* **What you are asked to do**:
Set down, please, without alteration, the lines of the entries below from the first through the one containing "assert!(rt; begins);".

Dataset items
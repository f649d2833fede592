// Heads: their bytes, written and read.
ghost use Rattle.vb_head.specs.Heads.{IsInRange};

use super::*;
use std::test::Fail;
use vb_block::{FolderId, Page, Why, put_u32, seal};

// The closed head of a store of 38 places and 16 nodes.
fn small_head() -> Head
    ensures { IsInRange result }
{
    Head {
        id: FolderId::of([7; 16]),
        blocks: 38,
        nodes: 16,
        sequence: 2,
        epoch: 0,
        state: State::Closed,
    }
}

// The first 60 bytes of that head: the text `ViewBox1`, version 1, the id, 38, 16, 2, 0, and no state.
const SMALL_HEAD: [u8; 60] = [
    0x56, 0x69, 0x65, 0x77, 0x42, 0x6f, 0x78, 0x31, 1, 0, 0, 0, 7, 7, 7, 7, 7, 7, 7, 7, 7, 7, 7, 7,
    7, 7, 7, 7, 38, 0, 0, 0, 16, 0, 0, 0, 2, 0, 0, 0, 0, 0, 0, 0, 0, 0, 0, 0, 0, 0, 0, 0, 0, 0, 0,
    0, 0, 0, 0, 0,
];

#[test]
fn a_head_is_its_fields_in_order(rt: HostRuntime) -> Result<(), Fail> {
    let page = write_head(rt.alloc(), &small_head())?;
    assert_eq!(rt; page.bytes().len(), 4096);
    let begins = page.bytes().starts_with(SMALL_HEAD.as_slice());
    assert!(rt; begins);
    assert_eq!(rt; read_head(&page), HeadRead::Good(small_head()));
    Ok(())
}

#[test]
fn too_few_places_are_bad(rt: HostRuntime) -> Result<(), Fail> {
    let mut page = write_head(rt.alloc(), &small_head())?;
    put_u32(&mut page, 28, 37);
    seal(&mut page);
    assert_eq!(rt; read_head(&page), HeadRead::Bad(Why::Space));
    Ok(())
}

#[test]
fn other_pages_are_no_heads(rt: HostRuntime) -> Result<(), Fail> {
    let mut page = Page::zero(rt.alloc())?;
    assert_eq!(rt; read_head(&page), HeadRead::Blank);
    page.set(0, &[1]);
    let is_unsealed = matches!(read_head(&page), HeadRead::Unsealed { .. });
    assert!(rt; is_unsealed);
    seal(&mut page);
    assert_eq!(rt; read_head(&page), HeadRead::Alien);
    Ok(())
}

* **Solution**:
repository f649d2833fede592
// Heads: their bytes, written and read.
ghost use Rattle.vb_head.specs.Heads.{IsInRange};

use super::*;
use std::test::Fail;
use vb_block::{FolderId, Page, Why, put_u32, seal};

// The closed head of a store of 38 places and 16 nodes.
fn small_head() -> Head
    ensures { IsInRange result }
{
    Head {
        id: FolderId::of([7; 16]),
        blocks: 38,
        nodes: 16,
        sequence: 2,
        epoch: 0,
        state: State::Closed,
    }
}

// The first 60 bytes of that head: the text `ViewBox1`, version 1, the id, 38, 16, 2, 0, and no state.
const SMALL_HEAD: [u8; 60] = [
    0x56, 0x69, 0x65, 0x77, 0x42, 0x6f, 0x78, 0x31, 1, 0, 0, 0, 7, 7, 7, 7, 7, 7, 7, 7, 7, 7, 7, 7,
    7, 7, 7, 7, 38, 0, 0, 0, 16, 0, 0, 0, 2, 0, 0, 0, 0, 0, 0, 0, 0, 0, 0, 0, 0, 0, 0, 0, 0, 0, 0,
    0, 0, 0, 0, 0,
];

#[test]
fn a_head_is_its_fields_in_order(rt: HostRuntime) -> Result<(), Fail> {
    let page = write_head(rt.alloc(), &small_head())?;
    assert_eq!(rt; page.bytes().len(), 4096);
    let begins = page.bytes().starts_with(SMALL_HEAD.as_slice());
    assert!(rt; begins);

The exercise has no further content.